Requirement> Among the lines of the material below, how many carry the word "links"? Only the number is wanted.

┄┄┄┄┄┄┄┄┄┄┄┄┄┄┄┄┄┄┄┄

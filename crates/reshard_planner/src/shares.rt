ghost use Rattle.std.specs.Prelude.{◌≡◌, ℕ, ◌+◌, ◌*◌, ◌/◌, ◌≤◌, ◌<◌, slice_index};
ghost use Rattle.reshard_planner.specs.Sums.{sum_below};
ghost use Rattle.reshard_planner.specs.Shares.{share};
ghost use Rattle.reshard_planner.specs.Starts.{Lists};

use crate::held::{PerNode, nothing};

/// The sum over the first nodes.
pub(crate) fn sum_over(numbers: &PerNode, nodes: u8) -> usize
    requires small { (node : ℕ) → node < nodes → slice_index numbers.now node ≤ 16384 }
    ensures { result ≡ sum_below (λ node. slice_index numbers.now node) nodes }
{
    let mut sum = 0;
    for node in 0..usize::from(nodes) {
        sum += numbers[node];
    }
    sum
}

/// A total that is laid along the weights of nodes.
#[derive(Clone, Copy)]
pub(crate) struct Scale {
    /// What is shared out.
    pub(crate) total: usize,
    /// What is added before rounding down: 0, or half of the whole to round to the nearest.
    pub(crate) half: usize,
    /// What all nodes weigh.
    pub(crate) whole: usize,
}

impl Scale {
    /// What lies along so much weight.
    fn upto(self, weight: usize) -> usize
        requires total { self.total ≤ 16384 }
        requires half { self.half ≤ 255000 }
        requires whole { 0 < self.whole }
        requires weight { weight ≤ 255000 }
        ensures { result ≡ (self.total * weight + self.half) / self.whole }
    {
        (self.total * weight + self.half) / self.whole
    }

    /// The share of each of the first nodes.
    pub(crate) fn shares(self, weights: &PerNode, nodes: u8) -> PerNode
        requires total { self.total ≤ 16384 }
        requires half { self.half ≤ 255000 }
        requires some { 0 < self.whole }
        requires whole { self.whole ≡ sum_below (λ node. slice_index weights.now node) nodes }
        requires most { self.whole ≤ 255000 }
        ensures { Lists (share self.total self.half (λ node. slice_index weights.now node) nodes) nodes result }
    {
        let mut shares = nothing();
        let mut before = 0;
        for node in 0..usize::from(nodes) {
            let after = before + weights[node];
            shares[node] = self.upto(after) - self.upto(before);
            before = after;
        }
        shares
    }
}
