//! The figures that servers tell.
use crate::script::Replies;
use crate::servers::{book, links};
use cluster_views::SurveyFault;
use plan_outlines::NodeServer;
use server_infos::servers_of;
use std::alloc::Global;
use std::test::Fail;

/// What a server answers to INFO that holds keys, and one that holds none.
const FULL: &[u8] = b"\
        $89\r\n# Memory\r\nused_memory:1048576\r\nmaxmemory:0\r\n\
        # Keyspace\r\ndb0:keys=12,expires=0,avg_ttl=0\r\n\r\n";

const EMPTY: &[u8] = b"$12\r\n# Keyspace\r\n\r\n";

const REFUSED: &[u8] = b"-NOPERM this user has no permissions to run the 'info' command\r\n";

/// The servers n0 to n2 that answer so, with their figures.
fn told(
    alloc: Global,
    first: Replies,
    second: Replies,
    third: Replies,
) -> Result<Vec<NodeServer>, SurveyFault> {
    let book = book(alloc)?;
    let mut links = links(alloc, first, second, third)?;
    servers_of(alloc, &mut links, &book)
}

/// Keys, and bytes that are taken, and that may be.
fn figures(server: &NodeServer) -> (Option<u64>, Option<u64>, Option<u64>) {
    (server.keys, server.used_memory, server.max_memory)
}

#[test]
fn figures_are_told(rt: HostRuntime) -> Result<(), Fail> {
    let alloc = rt.alloc();
    let servers = told(alloc, &[FULL], &[EMPTY], &[REFUSED])?;
    let [full, empty, refused] = servers.as_slice() else {
        return Err(Fail::from("not three servers"));
    };
    assert!(rt; figures(full) == (Some(12), Some(1_048_576), Some(0)));
    assert!(rt; figures(empty) == (Some(0), None, None));
    assert!(rt; figures(refused) == (None, None, None));
    let fault = told(alloc, &[FULL], &[], &[FULL]);
    assert!(rt; fault.is_err());
    Ok(())
}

┄┄┄┄┄┄┄┄┄┄┄┄┄┄┄┄┄┄┄┄

Written answer> 3